### Data to use ###
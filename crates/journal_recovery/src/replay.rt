//! The replay of entries.
ghost use Rattle.std.specs.Prelude.{◌≡◌, ◌<◌, length, map, Some, IfErr, MatchOption, OnOk};
ghost use Rattle.mds_request.specs.Configuration.{configuration};
ghost use Rattle.mds_request.specs.Request.{request_of};
ghost use Rattle.mds_request.specs.Reply.{Reply};
ghost use Rattle.mds_desk.specs.Desk.{state_of};
ghost use Rattle.mds_desk.specs.Room.{RoomState};
ghost use Rattle.journal_entry.specs.Entries.{entry_of};
ghost use Rattle.journal_recovery.specs.Recovery.{server_of, AllLearn, RoomAnswers, DeskAnswers, Answers, HasNoDesk};
ghost use Rattle.journal_recovery.specs.Recovery.{IsAnsweredAgain, AreAnswered, IsRefused, IsStopped};

use crate::fault::{Cause, Fault};
use crate::progress::Progress;
use journal_entry::{JournalEntry, actor_by, request_by};
use mds_desk::{AuthorRoom, Desk, OpenGate, SharedReply};
use mds_request::{Actor, Config, Request};
use mds_snapshot::{Note, OpeningName};
use mds_verdict::Plain;
use std::sync::Wait;

/// The status of a success.
const SUCCESS: u16 = 200;

/// Each desk learns what was published.
fn learn_all<K: OpeningName>(desks: &mut [Desk<K>], note: &Note<K>)
    ensures { AllLearn (Some note.now) (map state_of desks.old) (map state_of desks.new) }
{
    for place in 0..desks.len() {
        desks[place].learn(note);
    }
}

/// Each desk learns what was published, if something was.
fn learn_note<K: OpeningName>(desks: &mut [Desk<K>], note: Option<Note<K>>)
    ensures { AllLearn note (map state_of desks.old) (map state_of desks.new) }
{
    if let Some(note) = note {
        learn_all(desks, &note);
    }
}

/// The room answers the author's request, and each desk learns what it publishes.
fn room_answers<K: OpeningName, R: Wait>(
    rt: &R,
    room: &mut AuthorRoom<K>,
    desks: &mut [Desk<K>],
    request: &Request<'_>,
) -> SharedReply
    ensures { RoomAnswers (request_of request.now) result (server_of room.old desks.old) (server_of room.new desks.new) }
{
    let (answer, note) = room.answer(rt, request);
    learn_note(desks, note);
    answer
}

/// The desk at an index answers its operator's request.
fn desk_answers<K: OpeningName>(
    desks: &mut [Desk<K>],
    place: usize,
    request: &Request<'_>,
) -> SharedReply
    requires { place < length desks.old }
    ensures { (room : RoomState) → DeskAnswers place (request_of request.now) result
        (record { room = room; desks = map state_of desks.old }) (record { room = room; desks = map state_of desks.new }) }
{
    desks[place].answer(request, &mut OpenGate, &Plain)
}

/// Answers a client's request, the author's at the room and an operator's at its desk, and returns the status; `None`
/// where there is no such desk.
fn answer_at<K: OpeningName, R: Wait>(
    rt: &R,
    room: &mut AuthorRoom<K>,
    desks: &mut [Desk<K>],
    actor: Actor,
    request: &Request<'_>,
) -> Option<u16>
    ensures { MatchOption result
        (HasNoDesk actor (server_of room.old desks.old) × (server_of room.new desks.new ≡ server_of room.old desks.old))
        (λ status. (reply : Reply) × (reply.status ≡ status)
        × Answers actor (request_of request.now) reply (server_of room.old desks.old) (server_of room.new desks.new)) }
{
    match actor {
        Actor::Author => Some(room_answers(rt, room, desks, request).status()),
        Actor::Operator(place) => {
            if place < desks.len() {
                Some(desk_answers(desks, place, request).status())
            } else {
                None
            }
        }
        Actor::Nobody => None,
    }
}

/// Replays an entry.
///
/// # Errors
///
/// Why it wasn't answered with success.
fn replay_entry<K: OpeningName, R: Wait>(
    rt: &R,
    config: &Config,
    room: &mut AuthorRoom<K>,
    desks: &mut [Desk<K>],
    entry: &JournalEntry<'_>,
) -> Result<(), Cause>
    ensures again { OnOk result (IsAnsweredAgain (configuration config.now) (entry_of entry.now)
        (server_of room.old desks.old) (server_of room.new desks.new)) }
    ensures refused { IfErr result (λ cause. IsRefused (configuration config.now) (entry_of entry.now) cause
        (server_of room.old desks.old) (server_of room.new desks.new)) }
{
    let Some(request) = request_by(config, entry) else {
        return Err(Cause::NoDesk);
    };
    let actor = actor_by(config, entry.client);
    match answer_at(rt, room, desks, actor, &request) {
        None => Err(Cause::NoDesk),
        Some(SUCCESS) => Ok(()),
        Some(status) => Err(Cause::Refused(status)),
    }
}

/// Replays entries, one after another, each at its own moment and with its client's access token in the configuration:
/// the author's at the room, an operator's at its desk; and every desk learns what is published.
///
/// The configuration is the room's and the desks'. The `laws` say what the room and the desks are afterwards: where
/// they were new and the entries are the journal of what a server did, they are as this server left them, and continue
/// as one server with it. A journal may be replayed in parts, by one call each.
///
/// # Errors
///
/// The first entry that wasn't answered with success. The room and the desks have answered those before it, and must
/// not be used.
pub fn recover<K: OpeningName, R: Wait, P: Progress>(
    rt: &R,
    config: &Config,
    room: &mut AuthorRoom<K>,
    desks: &mut [Desk<K>],
    entries: &[JournalEntry<'_>],
    progress: &mut P,
) -> Result<(), Fault>
    ensures recovered { OnOk result (AreAnswered (configuration config.now) (map entry_of entries.now)
        (server_of room.old desks.old) (server_of room.new desks.new)) }
    ensures stopped { IfErr result (λ fault. IsStopped (configuration config.now) (map entry_of entries.now) fault
        (server_of room.old desks.old) (server_of room.new desks.new)) }
{
    for entry in 0..entries.len() {
        if let Err(cause) = replay_entry(rt, config, room, desks, &entries[entry]) {
            return Err(Fault { entry, cause });
        }
        progress.on_replayed(entry + 1);
    }
    Ok(())
}
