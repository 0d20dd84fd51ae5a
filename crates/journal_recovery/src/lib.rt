//! Replay of a journal at a start: each entry is answered again, in order, at its own moment.
#![tactic(auto)]

mod fault;
pub mod laws;
mod progress;
mod replay;
mod restart;

pub use fault::{Cause, Fault, StartFault};
pub use progress::{Progress, SilentProgress};
pub use replay::recover;
pub use restart::start_again;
###
Work item –
Give the data again. Keep every line identical.

Exercise output –
filename crates/journal_recovery/src/replay.rt
//! The replay of entries.
ghost use Rattle.std.specs.Prelude.{◌≡◌, ◌<◌, length, map, Some, IfErr, MatchOption, OnOk};
ghost use Rattle.mds_request.specs.Configuration.{configuration};
ghost use Rattle.mds_request.specs.Request.{request_of};
ghost use Rattle.mds_request.specs.Reply.{Reply};
ghost use Rattle.mds_desk.specs.Desk.{state_of};
ghost use Rattle.mds_desk.specs.Room.{RoomState};
ghost use Rattle.journal_entry.specs.Entries.{entry_of};
ghost use Rattle.journal_recovery.specs.Recovery.{server_of, AllLearn, RoomAnswers, DeskAnswers, Answers, HasNoDesk};
ghost use Rattle.journal_recovery.specs.Recovery.{IsAnsweredAgain, AreAnswered, IsRefused, IsStopped};

use crate::fault::{Cause, Fault};
use crate::progress::Progress;
use journal_entry::{JournalEntry, actor_by, request_by};
use mds_desk::{AuthorRoom, Desk, OpenGate, SharedReply};
use mds_request::{Actor, Config, Request};
use mds_snapshot::{Note, OpeningName};
use mds_verdict::Plain;
use std::sync::Wait;

/// The status of a success.
const SUCCESS: u16 = 200;

/// Each desk learns what was published.
fn learn_all<K: OpeningName>(desks: &mut [Desk<K>], note: &Note<K>)
    ensures { AllLearn (Some note.now) (map state_of desks.old) (map state_of desks.new) }
{
    for place in 0..desks.len() {
        desks[place].learn(note);
    }
}

/// Each desk learns what was published, if something was.
fn learn_note<K: OpeningName>(desks: &mut [Desk<K>], note: Option<Note<K>>)
    ensures { AllLearn note (map state_of desks.old) (map state_of desks.new) }
{
    if let Some(note) = note {
        learn_all(desks, &note);
    }
}

/// The room answers the author's request, and each desk learns what it publishes.
fn room_answers<K: OpeningName, R: Wait>(
    rt: &R,
    room: &mut AuthorRoom<K>,
    desks: &mut [Desk<K>],
    request: &Request<'_>,
) -> SharedReply
    ensures { RoomAnswers (request_of request.now) result (server_of room.old desks.old) (server_of room.new desks.new) }
{
    let (answer, note) = room.answer(rt, request);
    learn_note(desks, note);
    answer
}

/// The desk at an index answers its operator's request.
fn desk_answers<K: OpeningName>(
    desks: &mut [Desk<K>],
    place: usize,
    request: &Request<'_>,
) -> SharedReply
    requires { place < length desks.old }
    ensures { (room : RoomState) → DeskAnswers place (request_of request.now) result
        (record { room = room; desks = map state_of desks.old }) (record { room = room; desks = map state_of desks.new }) }
{
    desks[place].answer(request, &mut OpenGate, &Plain)
}

/// Answers a client's request, the author's at the room and an operator's at its desk, and returns the status; `None`
/// where there is no such desk.
fn answer_at<K: OpeningName, R: Wait>(
    rt: &R,
    room: &mut AuthorRoom<K>,
    desks: &mut [Desk<K>],
    actor: Actor,
    request: &Request<'_>,
) -> Option<u16>
    ensures { MatchOption result
        (HasNoDesk actor (server_of room.old desks.old) × (server_of room.new desks.new ≡ server_of room.old desks.old))
        (λ status. (reply : Reply) × (reply.status ≡ status)
        × Answers actor (request_of request.now) reply (server_of room.old desks.old) (server_of room.new desks.new)) }
{
    match actor {
        Actor::Author => Some(room_answers(rt, room, desks, request).status()),
        Actor::Operator(place) => {
            if place < desks.len() {
                Some(desk_answers(desks, place, request).status())
            } else {
                None
            }
        }
        Actor::Nobody => None,
    }
}

/// Replays an entry.
///
/// # Errors
///
/// Why it wasn't answered with success.
fn replay_entry<K: OpeningName, R: Wait>(
    rt: &R,
    config: &Config,
    room: &mut AuthorRoom<K>,
    desks: &mut [Desk<K>],
    entry: &JournalEntry<'_>,
) -> Result<(), Cause>
    ensures again { OnOk result (IsAnsweredAgain (configuration config.now) (entry_of entry.now)
        (server_of room.old desks.old) (server_of room.new desks.new)) }
    ensures refused { IfErr result (λ cause. IsRefused (configuration config.now) (entry_of entry.now) cause
        (server_of room.old desks.old) (server_of room.new desks.new)) }
{
    let Some(request) = request_by(config, entry) else {
        return Err(Cause::NoDesk);
    };
    let actor = actor_by(config, entry.client);
    match answer_at(rt, room, desks, actor, &request) {
        None => Err(Cause::NoDesk),
        Some(SUCCESS) => Ok(()),
        Some(status) => Err(Cause::Refused(status)),
    }
}

/// Replays entries, one after another, each at its own moment and with its client's access token in the configuration:
/// the author's at the room, an operator's at its desk; and every desk learns what is published.
///
/// The configuration is the room's and the desks'. The `laws` say what the room and the desks are afterwards: where
/// they were new and the entries are the journal of what a server did, they are as this server left them, and continue
/// as one server with it. A journal may be replayed in parts, by one call each.
///
/// # Errors
///
/// The first entry that wasn't answered with success. The room and the desks have answered those before it, and must
/// not be used.
pub fn recover<K: OpeningName, R: Wait, P: Progress>(
    rt: &R,
    config: &Config,
    room: &mut AuthorRoom<K>,
    desks: &mut [Desk<K>],
    entries: &[JournalEntry<'_>],
    progress: &mut P,
) -> Result<(), Fault>
    ensures recovered { OnOk result (AreAnswered (configuration config.now) (map entry_of entries.now)
        (server_of room.old desks.old) (server_of room.new desks.new)) }
    ensures stopped { IfErr result (λ fault. IsStopped (configuration config.now) (map entry_of entries.now) fault
        (server_of room.old desks.old) (server_of room.new desks.new)) }
{
    for entry in 0..entries.len() {
        if let Err(cause) = replay_entry(rt, config, room, desks, &entries[entry]) {
            return Err(Fault { entry, cause });
        }
        progress.on_replayed(entry + 1);
    }
    Ok(())
}
repository 0d20dd84fd51ae5a
filename crates/journal_recovery/src/lib.rt
//! Replay of a journal at a start: each entry is answered again, in order, at its own moment.
#![tactic(auto)]

mod fault;
pub mod laws;
mod progress;
mod replay;
mod restart;

pub use fault::{Cause, Fault, StartFault};
pub use progress::{Progress, SilentProgress};
pub use replay::recover;
pub use restart::start_again;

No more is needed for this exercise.